+++ Extracted data +++
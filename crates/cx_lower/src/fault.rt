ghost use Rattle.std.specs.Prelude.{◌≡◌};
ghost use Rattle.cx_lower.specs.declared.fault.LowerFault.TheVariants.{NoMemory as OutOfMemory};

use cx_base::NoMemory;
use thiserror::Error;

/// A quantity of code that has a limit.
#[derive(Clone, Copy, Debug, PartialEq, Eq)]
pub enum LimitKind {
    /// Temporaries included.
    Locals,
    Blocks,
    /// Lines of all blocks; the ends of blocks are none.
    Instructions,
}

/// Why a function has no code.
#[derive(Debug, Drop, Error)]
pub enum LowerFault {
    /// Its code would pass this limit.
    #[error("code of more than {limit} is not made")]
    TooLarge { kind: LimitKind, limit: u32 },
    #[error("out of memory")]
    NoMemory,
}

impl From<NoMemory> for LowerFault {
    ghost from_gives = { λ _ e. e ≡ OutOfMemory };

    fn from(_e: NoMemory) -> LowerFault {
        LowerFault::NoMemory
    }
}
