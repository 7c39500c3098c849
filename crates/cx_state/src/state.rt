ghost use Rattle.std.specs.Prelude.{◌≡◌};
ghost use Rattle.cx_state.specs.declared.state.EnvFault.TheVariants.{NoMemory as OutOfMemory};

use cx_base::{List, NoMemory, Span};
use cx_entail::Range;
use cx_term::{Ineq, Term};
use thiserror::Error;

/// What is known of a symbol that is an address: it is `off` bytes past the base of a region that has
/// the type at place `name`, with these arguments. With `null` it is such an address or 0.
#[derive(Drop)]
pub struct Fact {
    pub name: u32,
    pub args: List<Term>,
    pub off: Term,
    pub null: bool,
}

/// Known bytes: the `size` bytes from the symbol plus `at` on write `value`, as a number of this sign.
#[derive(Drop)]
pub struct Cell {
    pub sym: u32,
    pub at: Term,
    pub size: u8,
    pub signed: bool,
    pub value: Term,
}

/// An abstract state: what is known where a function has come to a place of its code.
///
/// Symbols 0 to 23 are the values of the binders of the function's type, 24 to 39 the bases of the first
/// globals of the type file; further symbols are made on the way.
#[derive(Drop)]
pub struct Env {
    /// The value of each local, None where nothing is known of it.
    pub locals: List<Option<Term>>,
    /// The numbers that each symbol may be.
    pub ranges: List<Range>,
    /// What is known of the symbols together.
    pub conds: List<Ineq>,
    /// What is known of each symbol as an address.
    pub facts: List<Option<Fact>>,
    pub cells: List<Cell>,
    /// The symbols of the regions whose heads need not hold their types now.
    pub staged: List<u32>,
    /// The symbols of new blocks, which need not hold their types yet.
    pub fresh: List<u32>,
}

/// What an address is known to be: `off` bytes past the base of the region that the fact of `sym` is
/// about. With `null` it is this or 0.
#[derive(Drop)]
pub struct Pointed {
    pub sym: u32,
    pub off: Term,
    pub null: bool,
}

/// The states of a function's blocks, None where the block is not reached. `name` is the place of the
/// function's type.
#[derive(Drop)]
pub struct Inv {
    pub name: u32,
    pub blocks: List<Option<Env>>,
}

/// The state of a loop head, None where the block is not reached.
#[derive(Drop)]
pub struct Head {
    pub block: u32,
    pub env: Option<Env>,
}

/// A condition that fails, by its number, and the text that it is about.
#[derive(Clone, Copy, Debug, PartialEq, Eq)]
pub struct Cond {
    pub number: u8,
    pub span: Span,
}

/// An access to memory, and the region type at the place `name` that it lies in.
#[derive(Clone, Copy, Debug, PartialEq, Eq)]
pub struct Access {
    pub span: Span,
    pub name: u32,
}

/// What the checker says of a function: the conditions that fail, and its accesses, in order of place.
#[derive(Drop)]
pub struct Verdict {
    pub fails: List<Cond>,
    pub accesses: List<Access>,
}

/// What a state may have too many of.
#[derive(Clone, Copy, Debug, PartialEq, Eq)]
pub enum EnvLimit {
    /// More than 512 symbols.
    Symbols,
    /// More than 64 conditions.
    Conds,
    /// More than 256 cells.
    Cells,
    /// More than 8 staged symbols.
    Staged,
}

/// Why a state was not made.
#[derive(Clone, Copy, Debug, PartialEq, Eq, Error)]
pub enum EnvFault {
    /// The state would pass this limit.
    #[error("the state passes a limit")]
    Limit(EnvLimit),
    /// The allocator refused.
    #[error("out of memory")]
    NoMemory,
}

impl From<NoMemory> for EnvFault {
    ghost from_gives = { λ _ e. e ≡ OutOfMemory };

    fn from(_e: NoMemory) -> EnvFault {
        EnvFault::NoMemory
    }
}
+++
+++ Extracted data +++
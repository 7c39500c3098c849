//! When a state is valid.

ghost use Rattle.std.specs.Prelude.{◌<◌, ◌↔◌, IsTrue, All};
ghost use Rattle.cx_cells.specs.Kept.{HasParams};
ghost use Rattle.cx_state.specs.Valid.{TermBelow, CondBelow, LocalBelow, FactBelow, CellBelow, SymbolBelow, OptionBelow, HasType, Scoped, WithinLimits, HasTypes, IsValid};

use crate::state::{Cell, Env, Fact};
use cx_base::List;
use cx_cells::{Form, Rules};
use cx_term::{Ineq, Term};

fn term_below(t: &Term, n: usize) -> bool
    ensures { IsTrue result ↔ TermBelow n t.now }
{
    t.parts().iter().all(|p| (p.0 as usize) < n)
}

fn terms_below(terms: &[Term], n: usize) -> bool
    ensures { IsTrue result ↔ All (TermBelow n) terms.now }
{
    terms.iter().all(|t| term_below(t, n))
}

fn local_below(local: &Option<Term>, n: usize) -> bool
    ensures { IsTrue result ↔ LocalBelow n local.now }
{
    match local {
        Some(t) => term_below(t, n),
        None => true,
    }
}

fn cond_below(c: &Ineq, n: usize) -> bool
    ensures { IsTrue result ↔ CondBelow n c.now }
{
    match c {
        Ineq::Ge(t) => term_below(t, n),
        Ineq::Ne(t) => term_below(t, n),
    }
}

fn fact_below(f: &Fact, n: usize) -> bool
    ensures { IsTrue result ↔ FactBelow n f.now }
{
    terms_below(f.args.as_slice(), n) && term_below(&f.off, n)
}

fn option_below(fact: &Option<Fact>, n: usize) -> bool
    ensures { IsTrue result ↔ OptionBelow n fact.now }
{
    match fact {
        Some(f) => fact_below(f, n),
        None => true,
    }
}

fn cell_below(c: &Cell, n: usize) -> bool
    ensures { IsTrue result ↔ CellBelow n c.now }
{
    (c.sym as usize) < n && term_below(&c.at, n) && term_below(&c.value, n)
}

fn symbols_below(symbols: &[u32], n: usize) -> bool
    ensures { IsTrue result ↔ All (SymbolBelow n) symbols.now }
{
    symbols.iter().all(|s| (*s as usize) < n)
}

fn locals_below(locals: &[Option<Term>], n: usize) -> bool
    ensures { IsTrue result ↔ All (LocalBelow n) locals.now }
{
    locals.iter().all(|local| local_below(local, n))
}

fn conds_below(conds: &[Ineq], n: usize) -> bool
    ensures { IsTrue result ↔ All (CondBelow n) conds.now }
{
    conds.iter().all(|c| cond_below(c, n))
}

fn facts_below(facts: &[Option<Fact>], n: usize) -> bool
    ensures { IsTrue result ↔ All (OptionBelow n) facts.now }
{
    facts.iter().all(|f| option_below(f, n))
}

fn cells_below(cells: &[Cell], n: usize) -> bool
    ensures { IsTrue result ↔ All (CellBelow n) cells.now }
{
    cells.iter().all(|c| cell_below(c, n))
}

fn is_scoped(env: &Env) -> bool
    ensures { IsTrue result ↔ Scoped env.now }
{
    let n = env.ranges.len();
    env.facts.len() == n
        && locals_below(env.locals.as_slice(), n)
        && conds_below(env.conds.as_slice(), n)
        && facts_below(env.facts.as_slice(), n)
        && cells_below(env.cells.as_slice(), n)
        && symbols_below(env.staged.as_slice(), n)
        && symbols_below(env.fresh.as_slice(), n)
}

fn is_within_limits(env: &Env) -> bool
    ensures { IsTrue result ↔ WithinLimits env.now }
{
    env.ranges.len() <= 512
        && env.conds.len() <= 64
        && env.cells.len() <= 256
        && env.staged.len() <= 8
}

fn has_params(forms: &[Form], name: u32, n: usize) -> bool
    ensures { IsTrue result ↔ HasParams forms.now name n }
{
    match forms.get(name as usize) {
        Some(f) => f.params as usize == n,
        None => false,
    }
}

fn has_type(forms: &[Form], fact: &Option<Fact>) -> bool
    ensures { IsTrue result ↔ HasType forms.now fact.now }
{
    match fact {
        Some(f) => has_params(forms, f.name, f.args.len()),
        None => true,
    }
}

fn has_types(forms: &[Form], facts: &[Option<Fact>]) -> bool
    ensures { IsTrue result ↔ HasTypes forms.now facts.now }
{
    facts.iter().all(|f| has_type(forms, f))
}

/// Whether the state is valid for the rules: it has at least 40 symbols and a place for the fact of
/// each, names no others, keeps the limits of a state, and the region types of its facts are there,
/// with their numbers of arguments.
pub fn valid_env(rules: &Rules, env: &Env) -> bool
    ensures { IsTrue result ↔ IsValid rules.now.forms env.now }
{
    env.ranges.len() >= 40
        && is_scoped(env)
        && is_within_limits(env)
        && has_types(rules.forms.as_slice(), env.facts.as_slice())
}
+++
Which lines of the data contain the string "hold"? Copy each one.

    /// The symbols of the regions whose heads need not hold their types now.
    /// The symbols of new blocks, which need not hold their types yet.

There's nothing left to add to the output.